Father Micheal Curran
Living and Growing
We live in an incredible world. The diversity of land, nature and people who live on Planet Earth has always amazed me. I have often wondered what my life would be like if I was born and nurtured in China or India; maybe the Middle East or some other faraway land. It's hard to fathom, but if we look very closely at ourselves it is through the gifts of God that "we are who we are" and have been nurtured by traditions because of our ancestral heritage or geography or family community. As Matthew Fox, a priest and author of may books on spirituality appropriately described it, "We are one river but many wells."
It is not easy being human. We find ourselves up against many obstacles not only to surviving but to living lives of quality and happiness. As we are members of a whole body, we must live in a world where there is war, famine, natural catastrophes, poverty, oppression, sickness and hate. The journey of a human being is not easy.

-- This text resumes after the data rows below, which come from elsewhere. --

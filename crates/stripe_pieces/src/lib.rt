//! The pieces of a stripe: on the cyclone, and in the records that tell of them.
#![tactic(auto, using(logged_disk::proofs::GoingOn::stays_as))]

mod copying;
mod finding;
mod flushing;
mod looking;
mod pieces;
mod placing;
pub mod records;
mod taking;

pub use pieces::{Pieces, records_of};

It is not simple either. Our strongest assets of language, intelligence and creative powers can also get us into our deepest quagmires.

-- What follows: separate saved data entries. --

// What a flush copies ahead of the cursor: what was looked at before the buffer is written is told of
// behind that, and copied into the next buffer.
ghost use Rattle.std.specs.Prelude.{◌≡◌, ◌+◌, false, true, [], ◌∷◌, ◌++◌, length};
ghost use Rattle.cache_model.specs.Contents.{AnyContents};
ghost use Rattle.cache_model.specs.State.{cursor_next, floor_next};
ghost use Rattle.cache_model.specs.declared.record.Rec.TheVariants.{Began, Fault};
ghost use Rattle.logged_disk.specs.Device.{TellsAll};
ghost use Rattle.stripe_pieces.specs.Copying.{AreCopyable, AreTellable, AreToldCopied, IsCopyable, IsCopyableWhereCopied, IsTellable, IsToldCopied, IsToldRow, begun_behind, blocks_for, copied_by, copied_of, copied_record, copies_among, copies_by, done_records, left_records, told_of_piece, told_of_pieces};
ghost use Rattle.piece_answers.specs.declared.answer.Stop.TheVariants.{DeviceFault};

use crate::{Pieces, records};
use cache_chronicle::Chronicle;
use dir_table::Directory;
use evacuator::Candidate;
use logged_disk::Disk;
use piece_answers::{Ahead, Fate, Stop};
use tape_base::BLOCK;

impl<D: Disk, R: Directory + Drop, C: Chronicle> Pieces<D, R, C> {
    ghost use Rattle.stripe_pieces.specs.Pieces.{seen_now, state_now};
    ghost use Rattle.stripe_pieces.specs.Calls.{AddsRecords, ArePrepared, IsWrittenBefore, TellsOf};

    /// Behind a buffer that was written: tells what is not copied, begins the next buffer, and copies
    /// what was read into it.
    pub(crate) fn go_on(&mut self, next: u64, ahead: &Ahead)
        requires ready { ArePrepared
            (length (told_of_pieces true ahead.now.due.items ahead.now.fates.items) + 1
            + copies_among ahead.now.fates.items) (copies_among ahead.now.fates.items) self.old }
        requires out { IsWrittenBefore next self.old }
        requires told { AreTellable true (state_now self.old)
            (seen_now self.old).device.faults ahead.now.due.items ahead.now.fates.items }
        requires copied { AreCopyable R.purges (begun_behind (state_now self.old)
            (told_of_pieces true ahead.now.due.items ahead.now.fates.items)) 0 ahead.now.due.items
            ahead.now.fates.items ahead.now.bytes.items }
        ensures { AddsRecords (λ contents. TellsAll (seen_now self.old).device
            → AreToldCopied contents (begun_behind (state_now self.old)
            (told_of_pieces true ahead.now.due.items ahead.now.fates.items)) 0 ahead.now.due.items
            ahead.now.fates.items ahead.now.bytes.items)
            (done_records (state_now self.old) ahead.now.due.items ahead.now.fates.items
            ahead.now.bytes.items)
            (length (told_of_pieces true ahead.now.due.items ahead.now.fates.items) + 1
            + copies_among ahead.now.fates.items) (copies_among ahead.now.fates.items)
            self.old self.new }
    {
        self.tell(ahead, true);
        self.begin(next);
        self.copy(ahead);
    }

    // The next buffer begins, and that is recorded.
    fn begin(&mut self, next: u64)
        requires ready { ArePrepared 1 0 self.old }
        requires out { IsWrittenBefore next self.old }
        ensures { let s = state_now self.old in
            AddsRecords AnyContents (Began (cursor_next s) (floor_next s) ∷ []) 1 0 self.old self.new }
    {
        self.cyclone.begin_next();
        records::began(&mut self.chronicle, next, self.cyclone.floor());
    }

    /// Behind a buffer that the device refused: tells of damage and of faults, this one the last.
    pub(crate) fn stop(&mut self, ahead: &Ahead) -> Stop
        requires ready { ArePrepared
            (length (told_of_pieces false ahead.now.due.items ahead.now.fates.items) + 1) 0 self.old }
        requires told { AreTellable false (state_now self.old)
            (seen_now self.old).device.faults ahead.now.due.items ahead.now.fates.items }
        ensures keeps { AddsRecords AnyContents
            (told_of_pieces false ahead.now.due.items ahead.now.fates.items ++ Fault
            (seen_now self.old).device.faults ∷ [])
            (length (told_of_pieces false ahead.now.due.items ahead.now.fates.items) + 1) 0
            self.old self.new }
        ensures why { result ≡ DeviceFault (seen_now self.old).device.faults }
    {
        let count = self.cyclone.disk().faults();
        self.tell(ahead, false);
        records::fault(&mut self.chronicle, count);
        Stop::DeviceFault { count }
    }

    // Records what came of each piece that is not copied; that it is not saved only of a flush that is
    // done.
    fn tell(&mut self, ahead: &Ahead, done: bool)
        requires ready { ArePrepared
            (length (told_of_pieces done ahead.now.due.items ahead.now.fates.items)) 0 self.old }
        requires told { AreTellable done (state_now self.old)
            (seen_now self.old).device.faults ahead.now.due.items ahead.now.fates.items }
        ensures { TellsOf (told_of_pieces done ahead.now.due.items ahead.now.fates.items)
            self.old self.new }
    {
        for i in 0..ahead.due.len() {
            self.tell_of(ahead.due[i], ahead.fates[i], done);
        }
    }

    fn tell_of(&mut self, candidate: Candidate, fate: Fate, done: bool)
        requires ready { ArePrepared (length (told_of_piece done candidate fate)) 0 self.old }
        requires told { IsTellable (state_now self.old)
            (seen_now self.old).device.faults candidate fate }
        ensures { TellsOf (told_of_piece done candidate fate) self.old self.new }
    {
        let Candidate { id, place, .. } = candidate;
        match fate {
            Fate::NoRoom => self.leave(candidate, false, done),
            Fate::Copied { .. } => {}
            Fate::Spoiled { kept, found } => self.damage(id, place, kept, found),
            Fate::Refused { count } => {
                records::fault(&mut self.chronicle, count);
                self.leave(candidate, true, done);
            }
        }
    }

    fn leave(&mut self, candidate: Candidate, fault: bool, done: bool)
        requires { ArePrepared (length (left_records done candidate fault)) 0 self.old }
        ensures keeps { TellsOf (left_records done candidate fault) self.old self.new }
        ensures cyclone { self.new.cyclone ≡ self.old.cyclone }
    {
        if done {
            records::unsaved(&mut self.chronicle, candidate.id, candidate.place, fault);
        }
    }

    // Copies the documents that stand in memory into the buffer.
    fn copy(&mut self, ahead: &Ahead)
        requires ready { ArePrepared (copies_among ahead.now.fates.items)
            (copies_among ahead.now.fates.items) self.old }
        requires copied { AreCopyable R.purges (state_now self.old) 0 ahead.now.due.items
            ahead.now.fates.items ahead.now.bytes.items }
        ensures { AddsRecords (λ contents. TellsAll (seen_now self.old).device
            → AreToldCopied contents (state_now self.old) 0 ahead.now.due.items
            ahead.now.fates.items ahead.now.bytes.items)
            (copied_of (state_now self.old) 0 ahead.now.due.items ahead.now.fates.items
            ahead.now.bytes.items) (copies_among ahead.now.fates.items)
            (copies_among ahead.now.fates.items) self.old self.new }
    {
        let mut at = 0;
        for i in 0..ahead.due.len() {
            let candidate = ahead.due[i];
            let end = at + taken_by(candidate, ahead.fates[i]);
            self.copy_one(
                candidate,
                ahead.fates[i],
                &ahead.bytes[at * BLOCK..end * BLOCK],
            );
            at = end;
        }
    }

    // Copies a piece, where its document was read and is its own.
    fn copy_one(&mut self, candidate: Candidate, fate: Fate, bytes: &[u8])
        requires ready { ArePrepared (copies_by fate) (copies_by fate) self.old }
        requires copied { IsCopyableWhereCopied R.purges (state_now self.old) candidate fate bytes.now }
        ensures { AddsRecords (λ contents. TellsAll (seen_now self.old).device
            → IsToldCopied contents (state_now self.old) candidate fate bytes.now)
            (copied_by (state_now self.old) candidate fate bytes.now) (copies_by fate)
            (copies_by fate) self.old self.new }
    {
        match fate {
            Fate::Copied { pinned } => self.move_here(candidate, pinned, bytes),
            Fate::NoRoom => {}
            Fate::Spoiled { .. } => {}
            Fate::Refused { .. } => {}
        }
    }

    fn move_here(&mut self, candidate: Candidate, pinned: bool, bytes: &[u8])
        requires ready { ArePrepared 1 1 self.old }
        requires copied { IsCopyable R.purges (state_now self.old) candidate bytes.now }
        ensures { AddsRecords (λ contents. TellsAll (seen_now self.old).device
            → IsToldRow contents (state_now self.old) candidate bytes.now)
            (copied_record (state_now self.old) candidate bytes.now ∷ []) 1 1 self.old self.new }
    {
        let Candidate {
            id,
            place: from,
            ..
        } = candidate;
        let place = self.cyclone.next_place();
        let digest = self.cyclone.move_piece(id, from, pinned, bytes);
        records::moved(&mut self.chronicle, id, from, place, digest);
    }
}

// How many blocks of memory a piece takes.
fn taken_by(candidate: Candidate, fate: Fate) -> usize
    ensures { result ≡ blocks_for candidate fate }
{
    match fate {
        Fate::NoRoom => 0,
        _ => candidate.blocks as usize,
    }
}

There is one thing though, that can make our human lives, our existence, more meaningful. It can give us strength and courage to live and navigate our lives around so many troubled waters. And that is a healthy spirituality. When religion is true to itself and is itself healthy, it is about spirituality. Spirituality is the core of any religion. But religion can become distorted and misused. Religion can develop its own institutional ego, even while it preaches to individuals about the need to humble oneself.

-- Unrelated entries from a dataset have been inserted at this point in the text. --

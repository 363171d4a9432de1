// How a piece is read by its name.
ghost use Rattle.std.specs.Prelude.{◌≡◌, ◌*◌, ◌≤◌, ◌^◌, Some, length, take};
ghost use Rattle.doc_header.specs.Reading.{payload_of};
ghost use Rattle.cache_model.specs.Contents.{AnyContents};
ghost use Rattle.piece_answers.specs.Find.{HasBlocks, HasRoomFor, IsJudged, IsToBeRead, judged_records};
ghost use Rattle.stripe_pieces.specs.Load.{CanLoad, Loads};

use crate::{Pieces, records};
use cache_chronicle::Chronicle;
use cache_model::Cause;
use cyclone::Cyclone;
use dir_table::Directory;
use doc_header::{document_digest, payload};
use edge_io::Failed;
use logged_disk::Disk;
use piece_answers::Found;
use tape_base::{BLOCK, Digest, HEADER, PieceId};

impl<D: Disk, R: Directory + Drop, C: Chronicle> Pieces<D, R, C> {
    ghost use Rattle.held_pieces.specs.Whereabouts.{live_place_of};
    ghost use Rattle.stripe_pieces.specs.Pieces.{ArePieces, seen_now, state_now};
    ghost use Rattle.stripe_pieces.specs.Calls.{AddsRecords, ArePrepared, FindsPiece};

    /// Reads a live piece and brings its payload to the front of `into`, which has room for its blocks,
    /// or tells why there is none. Bytes that are not its own are recorded, and its entry goes.
    pub fn find(&mut self, id: PieceId, into: &mut [u8]) -> Found
        requires ready { ArePrepared 1 0 self.old }
        requires into { HasRoomFor (state_now self.old) id into.old }
        ensures { FindsPiece id result into.new self.old self.new }
    {
        match self.whereabouts(id) {
            Some(place) => self.read(id, place, into),
            None => Found::Missing(self.chronicle.why_piece(id)),
        }
    }

    fn read(&mut self, id: PieceId, place: u64, into: &mut [u8]) -> Found
        requires ready { ArePrepared 1 0 self.old }
        requires into { HasRoomFor (state_now self.old) id into.old }
        requires live { live_place_of (state_now self.old) id ≡ Some place }
        ensures { FindsPiece id result into.new self.old self.new }
    {
        let (blocks, kept) = self.recorded(id, place);
        match load(&mut self.cyclone, place, blocks, into) {
            Ok(()) => self.judge(id, place, kept, blocks, into),
            Err(_) => {
                let count = self.cyclone.disk().faults();
                records::fault(&mut self.chronicle, count);
                Found::Missing(Cause::DeviceFault { count })
            }
        }
    }

    // The blocks and the digest of a live piece.
    fn recorded(&self, id: PieceId, place: u64) -> (u32, Digest)
        requires pieces { ArePieces self.now }
        requires live { live_place_of (state_now self.now) id ≡ Some place }
        ensures { IsToBeRead (state_now self.now) (seen_now self.now) id place result.0 result.1 }
    {
        let piece = self.chronicle.live_of(id).unwrap();
        (piece.blocks, piece.digest)
    }

    // What was read in front of `into` is the piece, or is damaged.
    fn judge(
        &mut self,
        id: PieceId,
        place: u64,
        kept: Digest,
        blocks: u32,
        into: &mut [u8],
    ) -> Found
        requires ready { ArePrepared 1 0 self.old }
        requires live { live_place_of (state_now self.old) id ≡ Some place }
        requires blocks { HasBlocks blocks into.old }
        ensures keeps { AddsRecords AnyContents (judged_records id place result) 1 0 self.old self.new }
        ensures judges { IsJudged place kept (take (512 * blocks) into.old) result into.new }
    {
        let size = blocks as usize * BLOCK;
        let found = document_digest(&into[..size]);
        if found == kept {
            Found::Found {
                length: bring_payload(into, size),
            }
        } else {
            self.damage(id, place, kept, found);
            Found::Missing(Cause::Damaged { place, kept, found })
        }
    }
}

// Reads blocks to the front of the bytes.
pub(crate) fn load<D: Disk, R: Directory + Drop>(
    cyclone: &mut Cyclone<D, R>,
    place: u64,
    blocks: u32,
    into: &mut [u8],
) -> Result<(), Failed>
    requires { CanLoad place blocks into.old cyclone.old }
    ensures { Loads place blocks into.old into.new result cyclone.old cyclone.new }
{
    cyclone.read(place, &mut into[..blocks as usize * BLOCK])
}

// Brings the payload of the document in front of the bytes to their front, and gives its length.
fn bring_payload(bytes: &mut [u8], size: usize) -> u32
    requires header { 128 ≤ size }
    requires within { size ≤ length bytes.old }
    requires few { size ≤ 2 ^ 31 }
    ensures length { result ≡ length (payload_of (take size bytes.old)) }
    ensures front { take result bytes.new ≡ payload_of (take size bytes.old) }
{
    let length = payload(&bytes[..size]).len();
    bytes.copy_within(HEADER..HEADER + length, 0);
    length as u32
}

Spirituality is like living water that springs up in the very depths of the experience of faith. To drink from your own well is to live your own life in the Spirit of our Lord God Creator. Whether it be from the Well of Jesus, Bahaullah, Krishna, the God of Abraham, Mohammad or other prophets, the spiritual journey is thirst-quenching, refreshing and touches every dimension of our lives. Spirituality is the healing, reconciling and liberating force in human life.
In times like ours, when our planet is reeling from abuse and misuse at the hands of humans, when our ability to connect with each other across the globe can be within seconds, when livable space for our own selves and the Creator's other species is dwindling, we might want to take a long, refreshing drink from our spiritual well. It might help us quench our parched journey. We might want to acknowledge and taste the waters from other wells and discover that those wells can nurture us too. Jesus of Nazareth said, "Love one another. It is my Commandment to you." He didn't quality or quantify. He meant everyone. He nourished a woman at the well and embraced her as His own. Let's embrace the diversity of wells that we all drink from and get spiritual nourishment from them all.
Father Michael Curran is the priest of St. Brendan's Episcopal Church in Juneau.